Now that property prices appear to be rising again (see first story in newsletter), it might be wise for first home buyers to enter the market sooner rather than later, before prices rise further. Saving a deposit can be hard, but there are two ways to speed up the process.
Under the First Home Guarantee, the federal government helps eligible first home buyers purchase a property with just a 5% deposit without having to pay lender’s mortgage insurance. Income and price caps apply.

First home buyers who have parental support can use a guarantor home loan to enter the market with, potentially, a 0% deposit. Again, conditions apply.

I love helping first home buyers get on the property ladder. Contact me for expert advice.

Things are looking up for owners of units, whether owner-occupiers or investors.

After the national median unit price fell for 10 consecutive months, it increased in both March (0.6%) and April (0.7%), according to CoreLogic.

CoreLogic economist Kaytlin Ezzy said this could signify “the start of a slow recovery phase, with inflation seemingly moving past its peak and consumer sentiment rising from near-record lows”.

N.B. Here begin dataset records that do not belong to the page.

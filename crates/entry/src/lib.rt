// What moves a processor from level to level (01, "Events"): entry, VTL call, VTL return and an interrupt. The record is lent and
// changed in place, and each contract is an equation with the definition of crate `model` that states the rule.
#![tactic(auto)]

ghost use Rattle.std.specs.Prelude.{◌≡◌, not, ◌&&◌, if◌then◌else◌, ◌==◌, nat_eq, nat_lt};
ghost use Rattle.model.specs.Entry.{by_call, enter, highest_ready, next_up, advanced, left};
ghost use Rattle.model.specs.Entry.{waiting, reentered, returned, interrupted};
ghost use Rattle.model.specs.Registers.{rax, rcx, shared_of};
ghost use Rattle.std.specs.Option.{option_map};
ghost use Rattle.model.specs.State.{above_zero, active_of, context, enabled_at, level, level_found};
ghost use Rattle.model.specs.Updates.{set_shared};
ghost use Rattle.processor.specs.Record.{vp_of};

use model::machine::{BY_CALL, BY_INTERRUPT, Control, Shape};
use model::quantity::{LEVEL_COUNT, Level};
use model::register;
use processor::control::{control_of, set_control};
use processor::record::Record;
use processor::record_registers::{private_of, set_private, set_shared, shared_of};
use processor::secure::unlock;
use processor::{interrupt, record};
use std::num::wrapping_add_u64;

// Enters a level: its record gets the reason, the level left, and RAX and RCX as they stand. No other register changes.
pub fn enter(shape: Shape, vp: &mut Record, level: Level, reason: u64)
    ensures { vp_of vp.new ≡ enter shape (vp_of vp.old) level.0 reason }
{
    let control = Control {
        reason,
        from: record::active_of(vp),
        rax: shared_of(vp, register::RAX),
        rcx: shared_of(vp, register::RCX),
    };
    set_control(shape, vp, level, control);
    record::set_active(vp, level);
}

// Is the level above the active one, and enabled?
fn is_above(shape: Shape, vp: &Record, active: Level, level: Level) -> bool
    ensures { result ≡ (nat_lt active.0 level.0 && enabled_at shape (vp_of vp.now) level.0) }
{
    (active < level) & record::enabled_at(shape, vp, level)
}

// The next enabled level above the active one.
pub fn next_up(shape: Shape, vp: &Record) -> Option<Level>
    ensures { result ≡ level_found (next_up shape (vp_of vp.now)) }
{
    let active = record::active_of(vp);
    for number in 1..LEVEL_COUNT {
        let level = Level(number);
        if is_above(shape, vp, active, level) {
            return Some(level);
        }
    }
    None
}

// Moves the active level's RIP on by the length, modulo 2^64.
fn advance(shape: Shape, vp: &mut Record, length: u64)
    ensures { vp_of vp.new ≡ advanced shape (vp_of vp.old) length }
{
    let active = record::active_of(vp);
    let rip = wrapping_add_u64(private_of(shape, vp, active, register::RIP), length);
    set_private(shape, vp, active, register::RIP, rip);
}

// call: the caller's RIP moves on, and the level is entered by call.
pub fn vtl_call(shape: Shape, vp: &mut Record, level: Level, length: u64)
    ensures { vp_of vp.new
        ≡ enter shape (advanced shape (vp_of vp.old) length) level.0 by_call }
{
    advance(shape, vp, length);
    enter(shape, vp, level, BY_CALL);
}

// ret: the actor's RIP moves on if it was entered by call.
fn advance_after_call(shape: Shape, vp: &mut Record, length: u64)
    ensures { let q = vp_of vp.old in
        vp_of vp.new
        ≡ (if nat_eq (context shape q (active_of q)).control.reason by_call then advanced shape q length else q) }
{
    let control = control_of(shape, vp, record::active_of(vp));
    if control.reason == BY_CALL {
        advance(shape, vp, length);
    }
}

// With RCX 0, restores RAX and RCX from a control record. RCX 1 is the fast return, which keeps both.
fn restore(vp: &mut Record, control: Control)
    ensures { let q = vp_of vp.old in
        vp_of vp.new
        ≡ (if nat_eq (shared_of q rcx) 0 then set_shared (set_shared q rax control.rax) rcx control.rcx else q) }
{
    if shared_of(vp, register::RCX) == 0 {
        set_shared(vp, register::RAX, control.rax);
        set_shared(vp, register::RCX, control.rcx);
    }
}

// ret: RAX and RCX are restored, and the level that the active one was entered from becomes active.
fn leave(shape: Shape, vp: &mut Record)
    ensures { vp_of vp.new ≡ left shape (vp_of vp.old) }
{
    let active = record::active_of(vp);
    let control = control_of(shape, vp, active);
    restore(vp, control);
    record::set_active(vp, control.from);
}

// Is the level above the active one, and enabled with a ready vector?
fn is_waiting(shape: Shape, vp: &Record, active: Level, level: Level) -> bool
    ensures { let q = vp_of vp.now in
        result
        ≡ (nat_lt active.0 level.0 && enabled_at shape q level.0
        && not (highest_ready (context shape q level.0) == 0)) }
{
    is_above(shape, vp, active, level) && interrupt::highest_ready(shape, vp, level).is_some()
}

// The highest level above the active one that is enabled with a ready vector.
fn waiting(shape: Shape, vp: &Record) -> Option<Level>
    ensures { result ≡ option_map level (above_zero (waiting shape (vp_of vp.now))) }
{
    let active = record::active_of(vp);
    for number in (1..LEVEL_COUNT).rev() {
        let level = Level(number);
        if is_waiting(shape, vp, active, level) {
            return Some(level);
        }
    }
    None
}

// ret: that level is entered by interrupt.
fn reenter(shape: Shape, vp: &mut Record)
    ensures { vp_of vp.new ≡ reentered shape (vp_of vp.old) }
{
    if let Some(level) = waiting(shape, vp) {
        enter(shape, vp, level, BY_INTERRUPT);
    }
}

// ret: the actor's RIP moves on if it was called, its TLB locks are cleared, RAX and RCX are restored, the level that it was
// entered from becomes active, and then a higher level with a ready vector is entered.
pub fn vtl_return(shape: Shape, vp: &mut Record, length: u64)
    ensures { vp_of vp.new ≡ returned shape (vp_of vp.old) length }
{
    let actor = record::active_of(vp);
    advance_after_call(shape, vp, length);
    unlock(shape, vp, actor);
    leave(shape, vp);
    reenter(shape, vp);
}

// int: a vector of the target becomes pending; the target is entered by interrupt if it is above the active level and the vector
// is ready.
pub fn interrupt(shape: Shape, vp: &mut Record, target: Level, vector: u64)
    ensures { vp_of vp.new ≡ interrupted shape (vp_of vp.old) target.0 vector }
{
    let entering = interrupt::enters(shape, vp, target, vector);
    interrupt::set_pending(shape, vp, target, vector, 1);
    if entering {
        enter(shape, vp, target, BY_INTERRUPT);
    }
}
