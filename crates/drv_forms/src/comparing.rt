//! What differs between two plans, as text.

use crate::editing::{command_edits, edits, push_edits};
use crate::gathering::entries_of;
use drv_words::{Plan, PlanLine, Word, plan_lines, render};
use std::alloc::{AllocError, Global};
use std::slice::from_ref;

/// How much is printed of two lines that differ.
#[derive(Clone, Copy, Debug)]
pub enum Detail {
    /// The words that go and those that come.
    Words,
    /// These words, and then both lines.
    Lines,
}

/// Adds a line after a mark, as `diff` marks it.
fn push_marked(
    alloc: Global,
    text: &mut Vec<u8>,
    mark: u8,
    line: &PlanLine,
) -> Result<(), AllocError> {
    text.push(mark)?;
    text.extend_from_slice(render(alloc, from_ref(line))?.as_bytes())
}

/// Adds what makes one line the other, if they differ: its words, and the lines where no word does.
fn push_pair(
    alloc: Global,
    text: &mut Vec<u8>,
    line: &PlanLine,
    other: &PlanLine,
    detail: Detail,
) -> Result<(), AllocError> {
    let words = command_edits(alloc, &line.command, &other.command)?;
    if words.is_empty() && line.piped == other.piped {
        return Ok(());
    }
    push_edits(alloc, text, words.as_slice())?;
    if words.is_empty() || matches!(detail, Detail::Lines) {
        push_marked(alloc, text, b'-', line)?;
        push_marked(alloc, text, b'+', other)?;
    }
    Ok(())
}

/// Adds lines that only the other plan has.
fn push_added(alloc: Global, text: &mut Vec<u8>, lines: &[PlanLine]) -> Result<(), AllocError> {
    for line in lines {
        push_marked(alloc, text, b'+', line)?;
    }
    Ok(())
}

/// Adds what differs between lines, which are compared one by one.
fn push_lines(
    alloc: Global,
    text: &mut Vec<u8>,
    lines: &[PlanLine],
    others: &[PlanLine],
    detail: Detail,
) -> Result<(), AllocError> {
    let mut left = others;
    for line in lines {
        match left {
            [] => push_marked(alloc, text, b'-', line)?,
            [other, rest @ ..] => {
                push_pair(alloc, text, line, other, detail)?;
                left = rest;
            }
        }
    }
    push_added(alloc, text, left)
}

/// What differs between two plans as text: their lines one by one, of each the words that go after
/// `<` and those that come after `>`, and then what the plans have beside their commands, in the same
/// way. A line that only one plan has is printed whole, after `-` or `+`.
pub fn difference_text(
    alloc: Global,
    plan: &Plan,
    other: &Plan,
    detail: Detail,
) -> Result<Word, AllocError> {
    let mut text = Vec::new(alloc);
    let lines = plan_lines(alloc, plan)?;
    let others = plan_lines(alloc, other)?;
    push_lines(
        alloc,
        &mut text,
        lines.as_slice(),
        others.as_slice(),
        detail,
    )?;
    let entries = entries_of(alloc, plan)?;
    let others = entries_of(alloc, other)?;
    let found = edits(alloc, entries.as_slice(), others.as_slice())?;
    push_edits(alloc, &mut text, found.as_slice())?;
    Ok(Word::from_vec(text))
}
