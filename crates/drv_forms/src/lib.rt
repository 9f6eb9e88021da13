//! Plans in forms that other programs read, JSON and a script for the shell; and what differs between
//! two plans.
#![tactic(auto)]

mod comparing;
mod editing;
mod gathering;
mod json_form;
mod laws;
mod pieces;
mod scripting;
mod shell;
mod stems;

pub use comparing::{Detail, difference_text};
pub use editing::{Edit, edits};
pub use json_form::{plan_json, put_number, put_word, put_words};
pub use laws::words_are_read_back;
pub use scripting::script;
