//! How the words of one command become those of another.

use drv_words::{Command, Listing, Word, quote};
use std::alloc::{AllocError, Global};

/// What makes one list of words another, at one place: any other word stays.
#[derive(Debug, Drop)]
pub enum Edit {
    /// This word of the first list goes.
    Goes(Word),
    /// This word of the second list comes.
    Comes(Word),
}

/// Adds that words come.
fn push_coming(found: &mut Listing<Edit>, words: &[Word]) -> Result<(), AllocError> {
    for word in words {
        found.push(Edit::Comes(word.clone()?))?;
    }
    Ok(())
}

/// The place of the first word like this one.
fn place_of(word: &Word, words: &[Word]) -> Option<usize> {
    words.iter().position(|other| word == other)
}

/// Whether the first of two words goes, by the place of the second behind the first, and of the
/// first behind the second.
fn goes_first(here: Option<usize>, there: Option<usize>) -> bool {
    match (here, there) {
        (None, Some(_)) => false,
        (Some(here), Some(there)) => here <= there,
        (_, None) => true,
    }
}

/// Adds the words of the first list that go and those of the second that come, in their order.
fn push_word_edits(
    found: &mut Listing<Edit>,
    words: &[Word],
    others: &[Word],
) -> Result<(), AllocError> {
    let mut left = words;
    let mut coming = others;
    while let [word, behind @ ..] = left {
        let [other, rest @ ..] = coming else {
            found.push(Edit::Goes(word.clone()?))?;
            left = behind;
            continue;
        };
        if word == other {
            left = behind;
            coming = rest;
        } else if goes_first(place_of(other, behind), place_of(word, rest)) {
            found.push(Edit::Goes(word.clone()?))?;
            left = behind;
        } else {
            found.push(Edit::Comes(other.clone()?))?;
            coming = rest;
        }
    }
    push_coming(found, coming)
}

/// The words of the first list that go and those of the second that come, in their order. They make
/// the first list the second, but may not be the fewest that do.
pub fn edits(alloc: Global, words: &[Word], others: &[Word]) -> Result<Listing<Edit>, AllocError> {
    let mut found = Listing::new(alloc);
    push_word_edits(&mut found, words, others)?;
    Ok(found)
}

/// The words of a command that go and those of another one that come.
pub(crate) fn command_edits(
    alloc: Global,
    command: &Command,
    other: &Command,
) -> Result<Listing<Edit>, AllocError> {
    let mut found = Listing::new(alloc);
    if command.program != other.program {
        found.push(Edit::Goes(command.program.clone()?))?;
        found.push(Edit::Comes(other.program.clone()?))?;
    }
    push_word_edits(&mut found, command.words.as_slice(), other.words.as_slice())?;
    Ok(found)
}

/// Adds a line for a word, after a mark, as a shell reads the word.
fn push_word(alloc: Global, text: &mut Vec<u8>, mark: u8, word: &Word) -> Result<(), AllocError> {
    text.push(mark)?;
    text.push(b' ')?;
    text.extend_from_slice(quote(alloc, word)?.as_bytes())?;
    text.push(b'\n')?;
    Ok(())
}

/// Adds words that go and those that come, each on a line of its own.
pub(crate) fn push_edits(
    alloc: Global,
    text: &mut Vec<u8>,
    edits: &[Edit],
) -> Result<(), AllocError> {
    for edit in edits {
        match edit {
            Edit::Goes(word) => push_word(alloc, text, b'<', word)?,
            Edit::Comes(word) => push_word(alloc, text, b'>', word)?,
        }
    }
    Ok(())
}
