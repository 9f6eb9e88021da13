//! The fixed texts of a script.

ghost use Rattle.drv_forms.specs.Pieces.{text};
ghost use Rattle.std.specs.Prelude.{◌≡◌, ◌++◌, OnOk};

use std::alloc::AllocError;

/// A fixed text of a script.
#[derive(Clone, Copy, Debug)]
pub enum Piece {
    /// The head of the script: its functions, and what is removed at its end. The positional
    /// parameters are those files; 4 is standard output, which a pipe's last command gets back.
    /// A command is a program, looked for along PATH as `exec` does, and no word, function or
    /// utility of the shell's own. A signal is noted, and the script ends outside of functions,
    /// which have other parameters.
    Opening,
    /// The stem of temporaries is.
    Stem,
    /// A private folder is made beside them, by this template.
    Folder,
    /// Where it is made, the stem is its name between slashes.
    NewStem,
    /// A notice is said.
    Say,
    /// Who says it.
    Driver,
    /// It is said on standard error.
    ToError,
    /// A file is put among those that are removed at the end.
    Keep,
    /// A temporary is claimed.
    Claim,
    /// What follows is done where that was.
    Then,
    /// So is the next line.
    ThenNext,
    /// A command that is in no pipe is run.
    Run,
    /// The first command of a pipe is looked for.
    Start,
    /// A pipe begins.
    Pipe,
    /// A further command of a pipe.
    Into,
    /// A pipe ends, and fails where a command of it did.
    EndPipe,
    /// A job begins, unless a signal has come. No command of it was started yet.
    NotStarted,
    /// What a fault of a job does: its failure files are removed if a command of it was started.
    Fault,
    /// That ends.
    EndFault,
    /// The link is run where no source failed.
    Unless,
    /// The status.
    Status,
}

const OPENING: &[u8] = b"#!/bin/sh
set -e
{ command exec 4>&1; } 2>/dev/null || exec 4>/dev/null
set --
gdrv_failed= gdrv_started= gdrv_stopped= gdrv_pipe= gdrv_file= gdrv_folder= gdrv_stem=
remove() { for gdrv_file; do if test -f \"$gdrv_file\" && ! test -L \"$gdrv_file\"; then rm -f -- \"$gdrv_file\"; fi; done; }
claim() { (umask 077; set -C; printf %s \"$2\" >\"$1\"); }
is_program() { test -f \"$1\" && test -x \"$1\"; }
is_found() (
case $1 in -*) exit 1 ;; */*) is_program \"$1\" && exit 0 || exit 1 ;; esac
set -f; IFS=:; gdrv_file=$PATH:
for gdrv_file in $gdrv_file; do if is_program \"${gdrv_file:-.}/$1\"; then exit 0; fi; done; exit 1
)
starts() { test -z \"$gdrv_stopped\" && is_found \"$1\" && gdrv_started=yes; }
run() { starts \"$1\" && (exec \"$@\" 4>&-) && test -z \"$gdrv_stopped\"; }
member() { (exec \"$@\" 3>&- 4>&-) || echo failed >&3; }
trap 'remove \"$@\" || :; test -z \"$gdrv_folder\" || rmdir -- \"$gdrv_folder\" || :' EXIT
trap gdrv_stopped=yes HUP INT TERM
";

/// The text of a piece.
#[tactic(auto, unfolding(crate::specs::Pieces::text))]
fn bytes(piece: Piece) -> &'static [u8]
    ensures { result.now ≡ text piece }
{
    match piece {
        Piece::Opening => OPENING,
        Piece::Stem => b"gdrv_stem=",
        Piece::Folder => b"\ngdrv_folder=$(mktemp -d --",
        Piece::NewStem => b") && gdrv_stem=/${gdrv_folder##*/}/\n",
        Piece::Say => b"printf '%s\\n'",
        Piece::Driver => b"gdrv: ",
        Piece::ToError => b" >&2 || :\n",
        Piece::Keep => b"set -- \"$@\"",
        Piece::Claim => b"claim",
        Piece::Then => b" && ",
        Piece::ThenNext => b" &&\n",
        Piece::Run => b"run",
        Piece::Start => b"starts",
        Piece::Pipe => b" && gdrv_pipe=$({ member",
        Piece::Into => b" | member",
        Piece::EndPipe => b" >&4; } 3>&1) && test -z \"$gdrv_pipe$gdrv_stopped\" &&\n",
        Piece::NotStarted => b"test -z \"$gdrv_stopped\" || exit 1\ngdrv_started=\n",
        Piece::Fault => b": || {\ngdrv_failed=yes\ntest -z \"$gdrv_started\" || remove",
        Piece::EndFault => b" || :\n}\n",
        Piece::Unless => b"test -z \"$gdrv_failed\" || exit 1\n",
        Piece::Status => b"test -z \"$gdrv_failed\"\n",
    }
}

/// Adds a piece.
pub(crate) fn push_piece(script: &mut Vec<u8>, piece: Piece) -> Result<(), AllocError>
    ensures { OnOk result (script.new.items ≡ script.old.items ++ text piece) }
{
    script.extend_from_slice(bytes(piece))
}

Meanwhile, unit rents are not only surging (up 14.8% over the year to April), they’re growing significantly faster than house rents (8.4%).

“The mismatch between [unit] rental supply and demand has seen capital city rental growth reaccelerate, which will be unwelcome news to many tenants already struggling to find affordable rental accommodation,” Ms Ezzy said.

“While units across each of the capitals and rest-of-state regions still offer a more affordable rental alternative compared to houses, the stronger rental growth seen in the medium to high-density sector, in part due to their relative affordability, has seen the gap narrow.”